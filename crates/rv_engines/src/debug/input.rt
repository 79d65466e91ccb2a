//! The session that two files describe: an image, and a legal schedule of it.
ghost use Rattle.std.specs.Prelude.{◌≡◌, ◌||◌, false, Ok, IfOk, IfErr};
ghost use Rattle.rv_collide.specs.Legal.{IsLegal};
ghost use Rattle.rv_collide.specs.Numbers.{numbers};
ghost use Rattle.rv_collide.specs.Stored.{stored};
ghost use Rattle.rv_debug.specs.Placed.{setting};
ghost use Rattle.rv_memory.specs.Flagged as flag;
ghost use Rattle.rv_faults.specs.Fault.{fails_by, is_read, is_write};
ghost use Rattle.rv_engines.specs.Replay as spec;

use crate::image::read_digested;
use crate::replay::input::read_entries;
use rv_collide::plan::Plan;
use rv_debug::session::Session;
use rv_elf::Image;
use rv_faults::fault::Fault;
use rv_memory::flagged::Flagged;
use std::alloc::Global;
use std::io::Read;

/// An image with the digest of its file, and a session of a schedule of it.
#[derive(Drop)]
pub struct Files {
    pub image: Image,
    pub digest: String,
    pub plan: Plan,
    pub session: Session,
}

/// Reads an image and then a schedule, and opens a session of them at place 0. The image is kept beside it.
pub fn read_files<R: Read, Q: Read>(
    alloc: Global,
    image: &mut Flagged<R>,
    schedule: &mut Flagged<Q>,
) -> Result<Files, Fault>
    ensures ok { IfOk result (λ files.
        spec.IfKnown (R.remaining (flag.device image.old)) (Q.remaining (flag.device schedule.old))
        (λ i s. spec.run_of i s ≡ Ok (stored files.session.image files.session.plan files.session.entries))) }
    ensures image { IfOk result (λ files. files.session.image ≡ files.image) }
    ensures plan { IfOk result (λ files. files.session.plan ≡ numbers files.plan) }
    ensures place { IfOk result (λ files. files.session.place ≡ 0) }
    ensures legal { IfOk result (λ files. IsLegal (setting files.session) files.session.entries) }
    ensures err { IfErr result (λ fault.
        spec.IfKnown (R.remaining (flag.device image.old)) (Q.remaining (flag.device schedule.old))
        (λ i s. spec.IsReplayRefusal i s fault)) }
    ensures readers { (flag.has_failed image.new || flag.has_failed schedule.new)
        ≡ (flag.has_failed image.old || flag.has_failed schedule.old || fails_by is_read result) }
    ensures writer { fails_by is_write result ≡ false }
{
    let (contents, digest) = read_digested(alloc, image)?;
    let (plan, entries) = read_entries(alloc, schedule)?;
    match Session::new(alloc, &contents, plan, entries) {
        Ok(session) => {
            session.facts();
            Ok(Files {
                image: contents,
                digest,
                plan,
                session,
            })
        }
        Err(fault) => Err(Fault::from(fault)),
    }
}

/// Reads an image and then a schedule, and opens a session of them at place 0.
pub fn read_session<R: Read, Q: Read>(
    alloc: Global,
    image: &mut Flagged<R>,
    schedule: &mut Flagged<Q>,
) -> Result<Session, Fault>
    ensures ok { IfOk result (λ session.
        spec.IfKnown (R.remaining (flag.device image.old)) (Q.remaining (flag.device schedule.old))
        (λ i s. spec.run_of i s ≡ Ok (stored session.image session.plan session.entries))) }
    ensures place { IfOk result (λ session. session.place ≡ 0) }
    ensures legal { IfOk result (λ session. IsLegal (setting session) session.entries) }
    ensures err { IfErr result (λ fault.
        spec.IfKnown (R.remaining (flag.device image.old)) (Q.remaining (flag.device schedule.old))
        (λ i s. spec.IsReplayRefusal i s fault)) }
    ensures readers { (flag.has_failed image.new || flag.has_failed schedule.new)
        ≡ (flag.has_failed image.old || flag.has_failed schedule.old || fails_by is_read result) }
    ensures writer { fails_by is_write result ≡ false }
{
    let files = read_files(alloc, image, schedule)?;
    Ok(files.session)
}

= = = = = = =

**What the exercise asks**: Reproduce the entries above exactly, every line included.

**Task response**:
filename crates/rv_engines/src/debug/input.rt
repository 79d65466e91ccb2a
//! The session that two files describe: an image, and a legal schedule of it.
ghost use Rattle.std.specs.Prelude.{◌≡◌, ◌||◌, false, Ok, IfOk, IfErr};
ghost use Rattle.rv_collide.specs.Legal.{IsLegal};
ghost use Rattle.rv_collide.specs.Numbers.{numbers};
ghost use Rattle.rv_collide.specs.Stored.{stored};
ghost use Rattle.rv_debug.specs.Placed.{setting};
ghost use Rattle.rv_memory.specs.Flagged as flag;
ghost use Rattle.rv_faults.specs.Fault.{fails_by, is_read, is_write};
ghost use Rattle.rv_engines.specs.Replay as spec;

use crate::image::read_digested;
use crate::replay::input::read_entries;
use rv_collide::plan::Plan;
use rv_debug::session::Session;
use rv_elf::Image;
use rv_faults::fault::Fault;
use rv_memory::flagged::Flagged;
use std::alloc::Global;
use std::io::Read;

/// An image with the digest of its file, and a session of a schedule of it.
#[derive(Drop)]
pub struct Files {
    pub image: Image,
    pub digest: String,
    pub plan: Plan,
    pub session: Session,
}

/// Reads an image and then a schedule, and opens a session of them at place 0. The image is kept beside it.
pub fn read_files<R: Read, Q: Read>(
    alloc: Global,
    image: &mut Flagged<R>,
    schedule: &mut Flagged<Q>,
) -> Result<Files, Fault>
    ensures ok { IfOk result (λ files.
        spec.IfKnown (R.remaining (flag.device image.old)) (Q.remaining (flag.device schedule.old))
        (λ i s. spec.run_of i s ≡ Ok (stored files.session.image files.session.plan files.session.entries))) }
    ensures image { IfOk result (λ files. files.session.image ≡ files.image) }
    ensures plan { IfOk result (λ files. files.session.plan ≡ numbers files.plan) }
    ensures place { IfOk result (λ files. files.session.place ≡ 0) }
    ensures legal { IfOk result (λ files. IsLegal (setting files.session) files.session.entries) }
    ensures err { IfErr result (λ fault.
        spec.IfKnown (R.remaining (flag.device image.old)) (Q.remaining (flag.device schedule.old))
        (λ i s. spec.IsReplayRefusal i s fault)) }
    ensures readers { (flag.has_failed image.new || flag.has_failed schedule.new)
        ≡ (flag.has_failed image.old || flag.has_failed schedule.old || fails_by is_read result) }
    ensures writer { fails_by is_write result ≡ false }
{
    let (contents, digest) = read_digested(alloc, image)?;
    let (plan, entries) = read_entries(alloc, schedule)?;
    match Session::new(alloc, &contents, plan, entries) {
        Ok(session) => {
            session.facts();
            Ok(Files {
                image: contents,
                digest,
                plan,
                session,
            })
        }
        Err(fault) => Err(Fault::from(fault)),
    }
}

/// Reads an image and then a schedule, and opens a session of them at place 0.
pub fn read_session<R: Read, Q: Read>(
    alloc: Global,
    image: &mut Flagged<R>,
    schedule: &mut Flagged<Q>,
) -> Result<Session, Fault>
    ensures ok { IfOk result (λ session.
        spec.IfKnown (R.remaining (flag.device image.old)) (Q.remaining (flag.device schedule.old))
        (λ i s. spec.run_of i s ≡ Ok (stored session.image session.plan session.entries))) }
    ensures place { IfOk result (λ session. session.place ≡ 0) }
    ensures legal { IfOk result (λ session. IsLegal (setting session) session.entries) }
    ensures err { IfErr result (λ fault.
        spec.IfKnown (R.remaining (flag.device image.old)) (Q.remaining (flag.device schedule.old))
        (λ i s. spec.IsReplayRefusal i s fault)) }
    ensures readers { (flag.has_failed image.new || flag.has_failed schedule.new)
        ≡ (flag.has_failed image.old || flag.has_failed schedule.old || fails_by is_read result) }
    ensures writer { fails_by is_write result ≡ false }
{
    let files = read_files(alloc, image, schedule)?;
    Ok(files.session)
}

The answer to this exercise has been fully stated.